[Task to complete]:
Where the records below have a line with "return", that line is to be copied.
-*-
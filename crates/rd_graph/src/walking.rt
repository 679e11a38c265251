//! A line by one walk along the old places: what stays keeps its order, and what is of the chain comes between.
ghost use Rattle.std.specs.Prelude.{◌≡◌, ℕ, ◌+◌, ◌-◌, ◌<◌, ◌≤◌, ◌↔◌, false, IfOk, OnOk, IsTrue, MatchOption, Some, IfSome, ◌++◌, length, slice_index_or, Contains};
ghost use Rattle.rd_graph.specs.Graphs.{IsInOrder};
ghost use Rattle.rd_graph.specs.Patches.{CanBePatched};
ghost use Rattle.rd_graph.specs.Internal.Ranks.{IsLineOf};
ghost use Rattle.rd_graph.specs.Internal.Seen.{seen};
ghost use Rattle.rd_graph.specs.Runs.{places_of};
ghost use Rattle.rd_graph.specs.Internal.Walks.{stays_at, staying, counted, from_after, led_to, walk, RisesWhere, IsBehind, IsAhead};

use crate::change::Change;
use crate::graph::Node;
use crate::runs::{Run, push_place, push_run};
use crate::stays::Stays;
use rd_keys::EntryKey;
use std::alloc::{AllocError, Global};

/// Which of so many places stay.
pub(crate) fn marks(alloc: Global, count: usize, gone: &[usize]) -> Result<Stays, AllocError>
    requires { (k : ℕ) → k < length gone.now → slice_index_or gone.now k 0 < count }
    ensures count { IfOk result (λ s. length s ≡ count) }
    ensures stays { IfOk result (λ s. (p : ℕ) → p < count → IsTrue (stays_at s p) ↔ (Contains gone.now p → ⊥)) }
{
    let mut stays = Stays::all(alloc, count)?;
    for place in gone {
        stays.take(*place);
    }
    Ok(stays)
}

/// Puts those places at the end that stay, of a stretch of places.
pub(crate) fn push_stretch(
    line: &mut Vec<Run>,
    stays: &Stays,
    from: usize,
    to: usize,
) -> Result<(), AllocError>
    requires { to ≤ length stays.now }
    ensures { OnOk result (places_of line.new.items ≡ places_of line.old.items ++ staying stays.now from (to - from)) }
{
    let mut place = from;
    while place < to {
        let first = stays.next_staying(place, to);
        let end = stays.next_gone(first, to);
        push_run(line, first, end - first, false)?;
        place = end;
    }
    Ok(())
}

/// Puts a place of the chain at the end, and before it, if it stays, those that stay since the walk stopped. An old one
/// that does not stay is set aside, since the walk does not come to its place in its order. Gives the place to go on from.
fn push_led(
    line: &mut Vec<Run>,
    stays: &Stays,
    from: usize,
    place: usize,
) -> Result<usize, AllocError>
    ensures line { OnOk result (places_of line.new.items
        ≡ places_of line.old.items ++ led_to stays.now from place) }
    ensures from { IfOk result (λ f. f ≡ from_after stays.now from place) }
{
    if stays.has(place) {
        push_stretch(line, stays, from, place)?;
        push_place(line, place, stays.len(), false)?;
        return Ok(place + 1);
    }
    push_place(line, place, stays.len(), place < stays.len())?;
    Ok(from)
}

/// The whole walk, with the places of the chain.
pub(crate) fn walked(alloc: Global, stays: &Stays, places: &[usize]) -> Result<Vec<Run>, AllocError>
    ensures { IfOk result (λ v. places_of v.items ≡ walk stays.now 0 places.now) }
{
    let mut line = Vec::new(alloc);
    let mut from = 0;
    for place in places {
        from = push_led(&mut line, stays, from, *place)?;
    }
    push_stretch(&mut line, stays, from, stays.len())?;
    Ok(line)
}

/// Where the walk goes on after a place of the chain. None if it stays and lies behind.
fn goes_on(stays: &Stays, from: usize, place: usize) -> Option<usize>
    ensures { MatchOption result (IsBehind stays.now from place) (IsAhead stays.now from place) }
{
    if stays.has(place) {
        if place < from {
            return None;
        }
        return Some(place + 1);
    }
    Some(from)
}

/// Do those places of a chain rise that stay?
pub(crate) fn rises_where(stays: &Stays, places: &[usize]) -> bool
    ensures { IsTrue result ↔ RisesWhere stays.now 0 places.now }
{
    let mut from = 0;
    for place in places {
        match goes_on(stays, from, *place) {
            Some(next) => from = next,
            None => return false,
        }
    }
    true
}

/// The line by one walk, where those places of the chain that stay rise. Else none.
pub(crate) fn walked_line(
    alloc: Global,
    nodes: &[Node],
    change: Change<'_>,
    places: &[usize],
) -> Result<Option<Vec<Run>>, AllocError>
    requires sound { IsInOrder (seen nodes.now) }
    requires can { CanBePatched change.removed.now change.chain.now change.old_places.now (seen nodes.now) }
    requires places { places.now ≡ counted (length nodes.now) change.old_places.now }
    ensures { IfOk result (λ l. IfSome l (IsLineOf change.entry.removed.now change.entry.chain.now change.entry.old_places.now (seen nodes.now))) }
{
    let stays = marks(alloc, nodes.len(), change.removed)?;
    if !rises_where(&stays, places) {
        return Ok(None);
    }
    let line = walked(alloc, &stays, places)?;
    Ok(Some(line))
}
-*-
[Solution]:
        return Ok(place + 1);
            return None;
        return Some(place + 1);
            None => return false,
        return Ok(None);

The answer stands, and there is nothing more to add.